Paper No. 120-2
Presentation Time: 2:30 PM-6:30 PM
MAPPING THE EXTENT AND TIMING OF EPHEMERAL ANTARCTIC WETLANDS USING HIGH-TEMPORAL RESOLUTION SATELLITE IMAGERY OF THE MCMURDO DRY VALLEYS
A cryptic hydrological system of subsurface groundwater channels called water tracks, water track-fed ponds, and seasonal perched wetlands drives many soil biogeochemical processes in Antarctic ice-sheet-free regions. However, the magnitude of their impact is not well understood because the duration of seasonal wetland conditions is unconstrained. Here high temporal resolution satellite imagery from Planet PlanetScope was terrain-corrected to identify the start of water track activity for summer 2018-2019. Wetted soil conditions emerged on equator-facing slopes in late November, while at the polar-facing site, they appeared later in mid-January.

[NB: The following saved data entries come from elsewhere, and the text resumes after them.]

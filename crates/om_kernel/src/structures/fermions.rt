//! Vertices of an antifermion, a fermion and a scalar or a vector.
ghost use Rattle.std.specs.Prelude.{◌≡◌, ◌+◌, ◌*◌, ◌≤◌};
ghost use Rattle.om_kernel.specs.Calls.{calls_to_fuse};
ghost use Rattle.om_kernel.specs.Components.{chiral, chiral_dot, four_in};
ghost use Rattle.om_kernel.specs.Forms.{ffs_form, ffv_form, four_at, scalar_at};
ghost use Rattle.om_kernel.specs.Slots.{filled, wave_from};

use crate::slots::{four_of, scalar_of};
use crate::spinors::{chiral, chiral_dot, current, slash_column, slash_row};
use crate::waves::{Place, Slots, Wave};
use om_lorentz::{Factors, Four, Structure};
use om_ring::ring::Ring;
use om_ring::steps::Steps;

// The spinor `other` times i (a + b gamma5) and the scalar.
#[inline(always)]
fn ffs_spinor<R: Ring<Mark = L>, L>(
    ring: &R,
    factors: &Factors<R::E>,
    slots: &Slots<R::E>,
    other: Place,
    steps: &mut Steps<L>,
) -> Four<R::E>
    ensures value { let o = R.ops ring.now in let w = filled o slots.now in
        result ≡ chiral o (o.times o.imag (scalar_at o w 3)) factors.now (four_in o (wave_from o slots.now.waves.now other.wave)) }
    ensures at_most { steps.new ≤ steps.old + 10 * R.cost ring.now }
{
    let d = four_of(ring, slots, other);
    let s = scalar_of(ring, slots, slots.places.third);
    let c = ring.mul(ring.imag(), s, steps);
    chiral(ring, c, factors, &d, steps)
}

// The product of the row and the column in the slots 1 and 2 with i (a + b gamma5) between them.
fn ffs_scalar<R: Ring<Mark = L>, L>(
    ring: &R,
    factors: &Factors<R::E>,
    slots: &Slots<R::E>,
    steps: &mut Steps<L>,
) -> R::E
    ensures value { let o = R.ops ring.now in let w = filled o slots.now in
        result ≡ o.times o.imag (chiral_dot o factors.now (four_at o w 1) (four_at o w 2)) }
    ensures at_most { steps.new ≤ steps.old + 13 * R.cost ring.now }
{
    let r = four_of(ring, slots, slots.places.first);
    let d = four_of(ring, slots, slots.places.second);
    let product = chiral_dot(ring, factors, &r, &d, steps);
    ring.mul(ring.imag(), product, steps)
}

/// An antifermion, a fermion and a scalar.
pub(super) fn ffs<R: Ring<Mark = L>, L>(
    ring: &R,
    factors: &Factors<R::E>,
    slots: &Slots<R::E>,
    hole: u8,
    steps: &mut Steps<L>,
) -> Wave<R::E>
    requires low { 1 ≤ hole }
    requires high { hole ≤ 3 }
    ensures value { let o = R.ops ring.now in result ≡ ffs_form o factors.now (filled o slots.now) hole }
    ensures at_most { steps.new ≤ steps.old + calls_to_fuse Structure.Ffs hole * R.cost ring.now }
{
    match hole {
        1 => Wave::Column(ffs_spinor(ring, factors, slots, slots.places.second, steps)),
        2 => Wave::Row(ffs_spinor(ring, factors, slots, slots.places.first, steps)),
        3 => Wave::Scalar(ffs_scalar(ring, factors, slots, steps)),
        _ => unreachable!(),
    }
}

// The column in slot 2 times i gamma_mu (a + b gamma5) and the vector.
fn ffv_column<R: Ring<Mark = L>, L>(
    ring: &R,
    factors: &Factors<R::E>,
    slots: &Slots<R::E>,
    steps: &mut Steps<L>,
) -> Wave<R::E>
    ensures value { let o = R.ops ring.now in result ≡ ffv_form o factors.now (filled o slots.now) 1 }
    ensures at_most { steps.new ≤ steps.old + 30 * R.cost ring.now }
{
    let d = four_of(ring, slots, slots.places.second);
    let v = four_of(ring, slots, slots.places.third);
    let turned = chiral(ring, ring.imag(), factors, &d, steps);
    Wave::Column(slash_column(ring, &v, &turned, steps))
}

// The row in slot 1 times i gamma_mu (a + b gamma5) and the vector.
fn ffv_row<R: Ring<Mark = L>, L>(
    ring: &R,
    factors: &Factors<R::E>,
    slots: &Slots<R::E>,
    steps: &mut Steps<L>,
) -> Wave<R::E>
    ensures value { let o = R.ops ring.now in result ≡ ffv_form o factors.now (filled o slots.now) 2 }
    ensures at_most { steps.new ≤ steps.old + 30 * R.cost ring.now }
{
    let r = four_of(ring, slots, slots.places.first);
    let v = four_of(ring, slots, slots.places.third);
    let moved = slash_row(ring, &v, &r, steps);
    Wave::Row(chiral(ring, ring.imag(), factors, &moved, steps))
}

// The row in slot 1 times i gamma_mu (a + b gamma5) times the column in slot 2.
fn ffv_current<R: Ring<Mark = L>, L>(
    ring: &R,
    factors: &Factors<R::E>,
    slots: &Slots<R::E>,
    steps: &mut Steps<L>,
) -> Wave<R::E>
    ensures value { let o = R.ops ring.now in result ≡ ffv_form o factors.now (filled o slots.now) 3 }
    ensures at_most { steps.new ≤ steps.old + 31 * R.cost ring.now }
{
    let r = four_of(ring, slots, slots.places.first);
    let d = four_of(ring, slots, slots.places.second);
    let turned = chiral(ring, ring.imag(), factors, &d, steps);
    Wave::Vector(current(ring, &r, &turned, steps))
}

/// An antifermion, a fermion and a vector.
pub(super) fn ffv<R: Ring<Mark = L>, L>(
    ring: &R,
    factors: &Factors<R::E>,
    slots: &Slots<R::E>,
    hole: u8,
    steps: &mut Steps<L>,
) -> Wave<R::E>
    requires low { 1 ≤ hole }
    requires high { hole ≤ 3 }
    ensures value { let o = R.ops ring.now in result ≡ ffv_form o factors.now (filled o slots.now) hole }
    ensures at_most { steps.new ≤ steps.old + calls_to_fuse Structure.Ffv hole * R.cost ring.now }
{
    match hole {
        1 => ffv_column(ring, factors, slots, steps),
        2 => ffv_row(ring, factors, slots, steps),
        3 => ffv_current(ring, factors, slots, steps),
        _ => unreachable!(),
    }
}
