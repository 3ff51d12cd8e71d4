//! Vertices of scalars, and of a vector and two scalars.
ghost use Rattle.std.specs.Prelude.{◌≡◌, ◌+◌, ◌*◌, ◌≤◌};
ghost use Rattle.om_kernel.specs.Calls.{calls_to_fuse};
ghost use Rattle.om_kernel.specs.Components.{plain_dot, scalar_in};
ghost use Rattle.om_kernel.specs.Forms.{coupling, four_at, scalar_current, sss_form, ssss_form, vss_form};
ghost use Rattle.om_kernel.specs.Slots.{filled, wave_from};

use super::{one_scalar, two_scalars};
use crate::slots::{four_of, momentum_of, scalar_of};
use crate::vectors::{lower_difference, plain_dot, scaled};
use crate::waves::{Place, Slots, Wave};
use om_lorentz::{Factors, Structure};
use om_ring::ring::Ring;
use om_ring::steps::Steps;

/// Three scalars.
pub(super) fn sss<R: Ring<Mark = L>, L>(
    ring: &R,
    factors: &Factors<R::E>,
    slots: &Slots<R::E>,
    hole: u8,
    steps: &mut Steps<L>,
) -> Wave<R::E>
    ensures value { let o = R.ops ring.now in result ≡ sss_form o factors.now (filled o slots.now) hole }
    ensures at_most { steps.new ≤ steps.old + calls_to_fuse Structure.Sss hole * R.cost ring.now }
{
    // the slots before the hole, going round
    let (one, other) = match hole {
        3 => (slots.places.first, slots.places.second),
        1 => (slots.places.second, slots.places.third),
        _ => (slots.places.third, slots.places.first),
    };
    let s = scalar_of(ring, slots, one);
    let t = scalar_of(ring, slots, other);
    Wave::Scalar(two_scalars(ring, factors, s, t, steps))
}

/// Four scalars.
pub(super) fn ssss<R: Ring<Mark = L>, L>(
    ring: &R,
    factors: &Factors<R::E>,
    slots: &Slots<R::E>,
    hole: u8,
    steps: &mut Steps<L>,
) -> Wave<R::E>
    ensures value { let o = R.ops ring.now in result ≡ ssss_form o factors.now (filled o slots.now) hole }
    ensures at_most { steps.new ≤ steps.old + calls_to_fuse Structure.Ssss hole * R.cost ring.now }
{
    // the slots before the hole, going round
    let (one, two, three) = match hole {
        4 => (slots.places.first, slots.places.second, slots.places.third),
        1 => (slots.places.second, slots.places.third, slots.places.fourth),
        2 => (slots.places.third, slots.places.fourth, slots.places.first),
        _ => (slots.places.fourth, slots.places.first, slots.places.second),
    };
    let s = scalar_of(ring, slots, one);
    let t = scalar_of(ring, slots, two);
    let u = scalar_of(ring, slots, three);
    let product = two_scalars(ring, factors, s, t, steps);
    Wave::Scalar(ring.mul(product, u, steps))
}

// A vector and two scalars at the vector.
fn vss_vector<R: Ring<Mark = L>, L>(
    ring: &R,
    factors: &Factors<R::E>,
    slots: &Slots<R::E>,
    steps: &mut Steps<L>,
) -> Wave<R::E>
    ensures value { let o = R.ops ring.now in result ≡ vss_form o factors.now (filled o slots.now) 1 }
    ensures at_most { steps.new ≤ steps.old + 15 * R.cost ring.now }
{
    let p = momentum_of(ring, slots, slots.places.second);
    let q = momentum_of(ring, slots, slots.places.third);
    let s = scalar_of(ring, slots, slots.places.second);
    let t = scalar_of(ring, slots, slots.places.third);
    let c = two_scalars(ring, factors, s, t, steps);
    let along = lower_difference(ring, &p, &q, steps);
    Wave::Vector(scaled(ring, c, &along, steps))
}

// A vector and two scalars at a scalar, where `other` is the wave of the other one.
#[inline(always)]
fn vss_scalar<R: Ring<Mark = L>, L>(
    ring: &R,
    factors: &Factors<R::E>,
    slots: &Slots<R::E>,
    other: Place,
    steps: &mut Steps<L>,
) -> Wave<R::E>
    ensures value { let o = R.ops ring.now in let w = filled o slots.now in
        result ≡ Wave.Scalar (o.times (o.times (coupling o factors.now) (scalar_in o (wave_from o slots.now.waves.now other.wave))) (plain_dot o (scalar_current o w) (four_at o w 1))) }
    ensures at_most { steps.new ≤ steps.old + 18 * R.cost ring.now }
{
    let p = momentum_of(ring, slots, slots.places.second);
    let q = momentum_of(ring, slots, slots.places.third);
    let v = four_of(ring, slots, slots.places.first);
    let c = one_scalar(ring, factors, scalar_of(ring, slots, other), steps);
    let along = lower_difference(ring, &p, &q, steps);
    let contracted = plain_dot(ring, &along, &v, steps);
    Wave::Scalar(ring.mul(c, contracted, steps))
}

/// A vector and two scalars.
pub(super) fn vss<R: Ring<Mark = L>, L>(
    ring: &R,
    factors: &Factors<R::E>,
    slots: &Slots<R::E>,
    hole: u8,
    steps: &mut Steps<L>,
) -> Wave<R::E>
    requires low { 1 ≤ hole }
    requires high { hole ≤ 3 }
    ensures value { let o = R.ops ring.now in result ≡ vss_form o factors.now (filled o slots.now) hole }
    ensures at_most { steps.new ≤ steps.old + calls_to_fuse Structure.Vss hole * R.cost ring.now }
{
    match hole {
        1 => vss_vector(ring, factors, slots, steps),
        2 => vss_scalar(ring, factors, slots, slots.places.third, steps),
        3 => vss_scalar(ring, factors, slots, slots.places.second, steps),
        _ => unreachable!(),
    }
}
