//! Vertices of two vectors and scalars, joined by the metric.
ghost use Rattle.std.specs.Prelude.{◌≡◌, ◌+◌, ◌*◌, ◌≤◌};
ghost use Rattle.om_kernel.specs.Calls.{calls_to_fuse};
ghost use Rattle.om_kernel.specs.Components.{dot, four_in, scalar_in, scaled_lower};
ghost use Rattle.om_kernel.specs.Forms.{coupling, four_at, one_scalar, two_scalars, vvs_form, vvss_form};
ghost use Rattle.om_kernel.specs.Slots.{filled, wave_from};

use super::{coupling, one_scalar, two_scalars};
use crate::slots::{four_of, scalar_of};
use crate::vectors::{dot, scaled_lower};
use crate::waves::{Place, Slots, Wave};
use om_lorentz::{Factors, Four, Structure};
use om_ring::ring::Ring;
use om_ring::steps::Steps;

// The product of the vectors in the slots 1 and 2, times c.
#[inline(always)]
fn joined_vectors<R: Ring<Mark = L>, L>(
    ring: &R,
    c: R::E,
    p: &Four<R::E>,
    q: &Four<R::E>,
    steps: &mut Steps<L>,
) -> Wave<R::E>
    ensures value { let o = R.ops ring.now in result ≡ Wave.Scalar (o.times c (dot o p.now q.now)) }
    ensures at_most { steps.new ≤ steps.old + 9 * R.cost ring.now }
{
    let product = dot(ring, p, q, steps);
    Wave::Scalar(ring.mul(c, product, steps))
}

// Two vectors and a scalar at a vector, where `other` is the wave of the other one.
#[inline(always)]
fn vvs_vector<R: Ring<Mark = L>, L>(
    ring: &R,
    factors: &Factors<R::E>,
    slots: &Slots<R::E>,
    other: Place,
    steps: &mut Steps<L>,
) -> Wave<R::E>
    ensures value { let o = R.ops ring.now in let w = filled o slots.now in
        result ≡ Wave.Vector (scaled_lower o (one_scalar o factors.now w 3) (four_in o (wave_from o slots.now.waves.now other.wave))) }
    ensures at_most { steps.new ≤ steps.old + 7 * R.cost ring.now }
{
    let v = four_of(ring, slots, other);
    let s = scalar_of(ring, slots, slots.places.third);
    let c = one_scalar(ring, factors, s, steps);
    Wave::Vector(scaled_lower(ring, c, &v, steps))
}

/// Two vectors and a scalar.
pub(super) fn vvs<R: Ring<Mark = L>, L>(
    ring: &R,
    factors: &Factors<R::E>,
    slots: &Slots<R::E>,
    hole: u8,
    steps: &mut Steps<L>,
) -> Wave<R::E>
    requires low { 1 ≤ hole }
    requires high { hole ≤ 3 }
    ensures value { let o = R.ops ring.now in result ≡ vvs_form o factors.now (filled o slots.now) hole }
    ensures at_most { steps.new ≤ steps.old + calls_to_fuse Structure.Vvs hole * R.cost ring.now }
{
    match hole {
        1 => vvs_vector(ring, factors, slots, slots.places.second, steps),
        2 => vvs_vector(ring, factors, slots, slots.places.first, steps),
        3 => {
            let p = four_of(ring, slots, slots.places.first);
            let q = four_of(ring, slots, slots.places.second);
            let c = coupling(ring, factors, steps);
            joined_vectors(ring, c, &p, &q, steps)
        }
        _ => unreachable!(),
    }
}

// Two vectors and two scalars at a vector, where `other` is the wave of the other one.
#[inline(always)]
fn vvss_vector<R: Ring<Mark = L>, L>(
    ring: &R,
    factors: &Factors<R::E>,
    slots: &Slots<R::E>,
    other: Place,
    steps: &mut Steps<L>,
) -> Wave<R::E>
    ensures value { let o = R.ops ring.now in let w = filled o slots.now in
        result ≡ Wave.Vector (scaled_lower o (two_scalars o factors.now w 3 4) (four_in o (wave_from o slots.now.waves.now other.wave))) }
    ensures at_most { steps.new ≤ steps.old + 8 * R.cost ring.now }
{
    let v = four_of(ring, slots, other);
    let s = scalar_of(ring, slots, slots.places.third);
    let t = scalar_of(ring, slots, slots.places.fourth);
    let c = two_scalars(ring, factors, s, t, steps);
    Wave::Vector(scaled_lower(ring, c, &v, steps))
}

// Two vectors and two scalars at a scalar, where `other` is the wave of the other one.
#[inline(always)]
fn vvss_scalar<R: Ring<Mark = L>, L>(
    ring: &R,
    factors: &Factors<R::E>,
    slots: &Slots<R::E>,
    other: Place,
    steps: &mut Steps<L>,
) -> Wave<R::E>
    ensures value { let o = R.ops ring.now in let w = filled o slots.now in
        result ≡ Wave.Scalar (o.times (o.times (coupling o factors.now) (scalar_in o (wave_from o slots.now.waves.now other.wave))) (dot o (four_at o w 1) (four_at o w 2))) }
    ensures at_most { steps.new ≤ steps.old + 11 * R.cost ring.now }
{
    let p = four_of(ring, slots, slots.places.first);
    let q = four_of(ring, slots, slots.places.second);
    let c = one_scalar(ring, factors, scalar_of(ring, slots, other), steps);
    joined_vectors(ring, c, &p, &q, steps)
}

/// Two vectors and two scalars.
pub(super) fn vvss<R: Ring<Mark = L>, L>(
    ring: &R,
    factors: &Factors<R::E>,
    slots: &Slots<R::E>,
    hole: u8,
    steps: &mut Steps<L>,
) -> Wave<R::E>
    requires low { 1 ≤ hole }
    requires high { hole ≤ 4 }
    ensures value { let o = R.ops ring.now in result ≡ vvss_form o factors.now (filled o slots.now) hole }
    ensures at_most { steps.new ≤ steps.old + calls_to_fuse Structure.Vvss hole * R.cost ring.now }
{
    match hole {
        1 => vvss_vector(ring, factors, slots, slots.places.second, steps),
        2 => vvss_vector(ring, factors, slots, slots.places.first, steps),
        3 => vvss_scalar(ring, factors, slots, slots.places.fourth, steps),
        4 => vvss_scalar(ring, factors, slots, slots.places.third, steps),
        _ => unreachable!(),
    }
}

Water tracks on equator-facing slopes were present from November-February. These observations were then compared to on-the-ground soil temperatures measurements at depth from nearby MCM LTER met stations, where the start of water track activity coincides with subsurface (-10 cm) soil temperatures reaching the zero-degree isotherm. The relationship between slope azimuth and the start of water track activity suggests that ephemeral Antarctic wetland features are dependent on the amount of incoming shortwave radiation and not air temperature to increase soil temperatures above freezing. Water tracks form after subsurface melt wicks to the surface via capillary action, rather than by top-down snowmelt and infiltration. Once active, water tracks persist until February, often after surface temperatures fall below 0˚C which extends previous estimates of the water track hydroperiod (the time during which liquid water is present in soils) by upwards of a month. After correcting high temporal resolution satellite imagery for the effects of direct illumination on surface terrain, water tracks are visible for a broader range of time than was previously understood. A longer hydroperiod for subsurface meltwater features implies more time for chemical weathering in these soils and greater seasonal habitability for soil microorganisms.